== AIM OF THE EXERCISE ==
Below are lines of data. Give the number of them that contain the string "TreeKind", and nothing else.

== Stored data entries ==
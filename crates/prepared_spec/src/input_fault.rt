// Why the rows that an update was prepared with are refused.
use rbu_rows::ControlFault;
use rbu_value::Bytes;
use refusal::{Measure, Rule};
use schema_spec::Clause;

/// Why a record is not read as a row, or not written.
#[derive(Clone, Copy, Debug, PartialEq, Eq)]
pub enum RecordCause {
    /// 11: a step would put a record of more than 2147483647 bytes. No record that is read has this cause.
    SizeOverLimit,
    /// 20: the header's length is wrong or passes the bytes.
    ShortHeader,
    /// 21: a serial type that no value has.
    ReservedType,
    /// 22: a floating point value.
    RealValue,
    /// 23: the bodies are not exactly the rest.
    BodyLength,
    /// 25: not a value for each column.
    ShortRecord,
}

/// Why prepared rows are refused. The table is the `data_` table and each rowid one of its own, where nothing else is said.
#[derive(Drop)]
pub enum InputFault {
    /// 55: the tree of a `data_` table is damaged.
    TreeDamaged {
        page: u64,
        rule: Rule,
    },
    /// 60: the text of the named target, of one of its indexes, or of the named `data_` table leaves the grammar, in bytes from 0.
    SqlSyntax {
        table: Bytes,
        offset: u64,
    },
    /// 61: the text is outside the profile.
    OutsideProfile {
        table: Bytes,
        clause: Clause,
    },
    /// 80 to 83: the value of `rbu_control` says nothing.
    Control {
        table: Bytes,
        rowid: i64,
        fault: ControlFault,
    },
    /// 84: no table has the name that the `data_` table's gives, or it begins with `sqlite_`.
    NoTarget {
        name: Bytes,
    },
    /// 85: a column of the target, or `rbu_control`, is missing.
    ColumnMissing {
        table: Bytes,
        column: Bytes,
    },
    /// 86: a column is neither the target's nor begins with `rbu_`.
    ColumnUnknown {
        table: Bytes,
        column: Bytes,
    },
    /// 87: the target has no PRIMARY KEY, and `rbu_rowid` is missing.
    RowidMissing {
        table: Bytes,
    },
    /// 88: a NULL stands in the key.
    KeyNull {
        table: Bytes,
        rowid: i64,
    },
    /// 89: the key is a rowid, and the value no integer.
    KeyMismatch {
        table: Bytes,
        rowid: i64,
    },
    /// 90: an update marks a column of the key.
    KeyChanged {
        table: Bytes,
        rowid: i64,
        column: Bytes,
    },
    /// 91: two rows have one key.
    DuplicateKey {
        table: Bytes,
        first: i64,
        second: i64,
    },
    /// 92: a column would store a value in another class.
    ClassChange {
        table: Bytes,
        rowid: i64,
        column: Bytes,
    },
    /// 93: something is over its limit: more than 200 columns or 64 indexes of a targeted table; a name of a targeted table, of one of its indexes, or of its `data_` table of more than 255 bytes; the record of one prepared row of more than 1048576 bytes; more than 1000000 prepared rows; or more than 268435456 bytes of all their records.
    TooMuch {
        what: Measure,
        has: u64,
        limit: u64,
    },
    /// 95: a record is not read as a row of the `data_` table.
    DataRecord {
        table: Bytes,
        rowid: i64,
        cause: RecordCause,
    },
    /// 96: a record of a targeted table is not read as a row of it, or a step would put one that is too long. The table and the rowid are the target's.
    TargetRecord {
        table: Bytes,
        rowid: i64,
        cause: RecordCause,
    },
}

...

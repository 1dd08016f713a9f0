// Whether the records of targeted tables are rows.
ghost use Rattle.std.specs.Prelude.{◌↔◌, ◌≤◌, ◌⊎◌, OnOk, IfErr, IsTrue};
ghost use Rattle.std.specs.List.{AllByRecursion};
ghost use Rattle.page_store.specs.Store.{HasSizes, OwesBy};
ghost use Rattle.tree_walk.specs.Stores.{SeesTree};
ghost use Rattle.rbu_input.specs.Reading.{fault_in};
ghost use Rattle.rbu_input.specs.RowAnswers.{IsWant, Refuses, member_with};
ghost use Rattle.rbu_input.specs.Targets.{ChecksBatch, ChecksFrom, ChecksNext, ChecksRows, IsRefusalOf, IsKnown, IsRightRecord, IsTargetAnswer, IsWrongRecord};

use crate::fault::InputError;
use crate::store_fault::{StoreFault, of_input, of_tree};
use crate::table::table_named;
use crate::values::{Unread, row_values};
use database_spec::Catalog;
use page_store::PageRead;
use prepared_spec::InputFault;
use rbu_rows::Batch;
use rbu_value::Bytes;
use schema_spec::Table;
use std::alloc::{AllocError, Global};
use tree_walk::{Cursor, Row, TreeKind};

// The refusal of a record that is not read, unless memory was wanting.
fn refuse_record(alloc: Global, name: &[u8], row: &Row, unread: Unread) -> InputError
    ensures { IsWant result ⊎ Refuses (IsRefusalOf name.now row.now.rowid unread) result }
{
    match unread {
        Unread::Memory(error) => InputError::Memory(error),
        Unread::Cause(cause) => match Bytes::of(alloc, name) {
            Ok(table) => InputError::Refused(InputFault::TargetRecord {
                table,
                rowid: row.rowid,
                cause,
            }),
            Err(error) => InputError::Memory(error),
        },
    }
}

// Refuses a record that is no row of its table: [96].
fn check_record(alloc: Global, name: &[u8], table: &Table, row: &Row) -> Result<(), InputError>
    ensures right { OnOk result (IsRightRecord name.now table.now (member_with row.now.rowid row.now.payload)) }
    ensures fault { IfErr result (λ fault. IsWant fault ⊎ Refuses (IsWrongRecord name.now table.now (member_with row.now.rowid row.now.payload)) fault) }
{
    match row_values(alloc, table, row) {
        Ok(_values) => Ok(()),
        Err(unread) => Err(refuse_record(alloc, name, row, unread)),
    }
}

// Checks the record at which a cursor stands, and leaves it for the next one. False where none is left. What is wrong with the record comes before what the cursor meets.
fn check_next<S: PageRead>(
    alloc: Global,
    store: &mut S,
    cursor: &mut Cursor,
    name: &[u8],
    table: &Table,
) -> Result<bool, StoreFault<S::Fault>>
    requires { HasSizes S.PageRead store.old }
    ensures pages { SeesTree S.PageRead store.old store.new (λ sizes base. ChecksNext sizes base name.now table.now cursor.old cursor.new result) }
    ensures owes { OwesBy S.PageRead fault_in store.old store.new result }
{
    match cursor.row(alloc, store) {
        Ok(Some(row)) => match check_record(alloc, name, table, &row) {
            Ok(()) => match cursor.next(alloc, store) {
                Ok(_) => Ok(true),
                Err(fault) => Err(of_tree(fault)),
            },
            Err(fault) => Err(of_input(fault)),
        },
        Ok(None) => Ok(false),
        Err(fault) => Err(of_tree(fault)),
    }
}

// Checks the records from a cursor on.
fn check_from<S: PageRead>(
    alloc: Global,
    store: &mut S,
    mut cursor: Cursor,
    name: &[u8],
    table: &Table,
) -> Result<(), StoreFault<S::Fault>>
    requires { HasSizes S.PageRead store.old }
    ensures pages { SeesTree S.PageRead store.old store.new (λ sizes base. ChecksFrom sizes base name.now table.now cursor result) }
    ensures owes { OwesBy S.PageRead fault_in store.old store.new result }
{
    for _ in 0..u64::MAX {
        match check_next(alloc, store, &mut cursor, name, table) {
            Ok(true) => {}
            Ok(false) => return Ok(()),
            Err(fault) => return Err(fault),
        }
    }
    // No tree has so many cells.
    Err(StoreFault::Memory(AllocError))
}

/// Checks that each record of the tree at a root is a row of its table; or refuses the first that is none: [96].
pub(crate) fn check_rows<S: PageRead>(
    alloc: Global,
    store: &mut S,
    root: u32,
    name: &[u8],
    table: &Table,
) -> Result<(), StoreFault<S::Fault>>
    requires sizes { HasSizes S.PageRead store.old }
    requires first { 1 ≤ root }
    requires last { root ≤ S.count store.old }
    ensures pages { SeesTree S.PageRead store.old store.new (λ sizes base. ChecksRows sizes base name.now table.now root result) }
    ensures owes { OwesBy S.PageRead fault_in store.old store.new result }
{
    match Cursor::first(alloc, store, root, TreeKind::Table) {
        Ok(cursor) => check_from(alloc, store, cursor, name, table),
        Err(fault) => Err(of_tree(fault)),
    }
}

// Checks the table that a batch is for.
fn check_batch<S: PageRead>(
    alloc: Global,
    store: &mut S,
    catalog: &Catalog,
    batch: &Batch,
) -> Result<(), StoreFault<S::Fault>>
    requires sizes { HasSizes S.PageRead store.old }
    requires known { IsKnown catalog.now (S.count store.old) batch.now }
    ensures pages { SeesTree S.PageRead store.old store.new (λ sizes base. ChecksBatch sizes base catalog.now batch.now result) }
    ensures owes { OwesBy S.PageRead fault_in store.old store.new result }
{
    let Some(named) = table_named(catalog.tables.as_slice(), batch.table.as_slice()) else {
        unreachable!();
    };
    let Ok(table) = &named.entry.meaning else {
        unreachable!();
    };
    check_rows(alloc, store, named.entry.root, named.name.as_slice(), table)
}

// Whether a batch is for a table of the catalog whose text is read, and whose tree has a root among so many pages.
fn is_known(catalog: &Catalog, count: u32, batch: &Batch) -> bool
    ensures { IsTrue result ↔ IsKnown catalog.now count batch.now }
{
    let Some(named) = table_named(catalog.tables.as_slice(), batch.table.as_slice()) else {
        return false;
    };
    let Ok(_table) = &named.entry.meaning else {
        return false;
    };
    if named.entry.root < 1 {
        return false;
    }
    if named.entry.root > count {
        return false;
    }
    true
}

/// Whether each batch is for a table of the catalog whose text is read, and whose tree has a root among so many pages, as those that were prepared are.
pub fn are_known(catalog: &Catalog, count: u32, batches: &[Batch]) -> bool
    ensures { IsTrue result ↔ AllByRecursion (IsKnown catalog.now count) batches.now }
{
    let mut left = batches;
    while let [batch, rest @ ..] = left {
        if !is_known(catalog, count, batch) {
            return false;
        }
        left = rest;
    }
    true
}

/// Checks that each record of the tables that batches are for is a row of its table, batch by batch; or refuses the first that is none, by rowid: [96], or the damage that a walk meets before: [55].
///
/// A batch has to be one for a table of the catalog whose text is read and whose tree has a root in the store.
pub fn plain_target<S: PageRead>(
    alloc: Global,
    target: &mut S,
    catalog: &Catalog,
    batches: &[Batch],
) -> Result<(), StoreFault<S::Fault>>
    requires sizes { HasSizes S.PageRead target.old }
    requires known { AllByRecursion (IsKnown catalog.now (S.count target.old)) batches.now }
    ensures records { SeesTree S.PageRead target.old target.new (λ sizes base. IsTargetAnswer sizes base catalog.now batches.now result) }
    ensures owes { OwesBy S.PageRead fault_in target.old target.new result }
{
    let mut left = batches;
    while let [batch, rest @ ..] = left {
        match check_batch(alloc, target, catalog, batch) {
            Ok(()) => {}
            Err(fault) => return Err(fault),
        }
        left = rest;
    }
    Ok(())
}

== THE COMPLETED TASK ==
2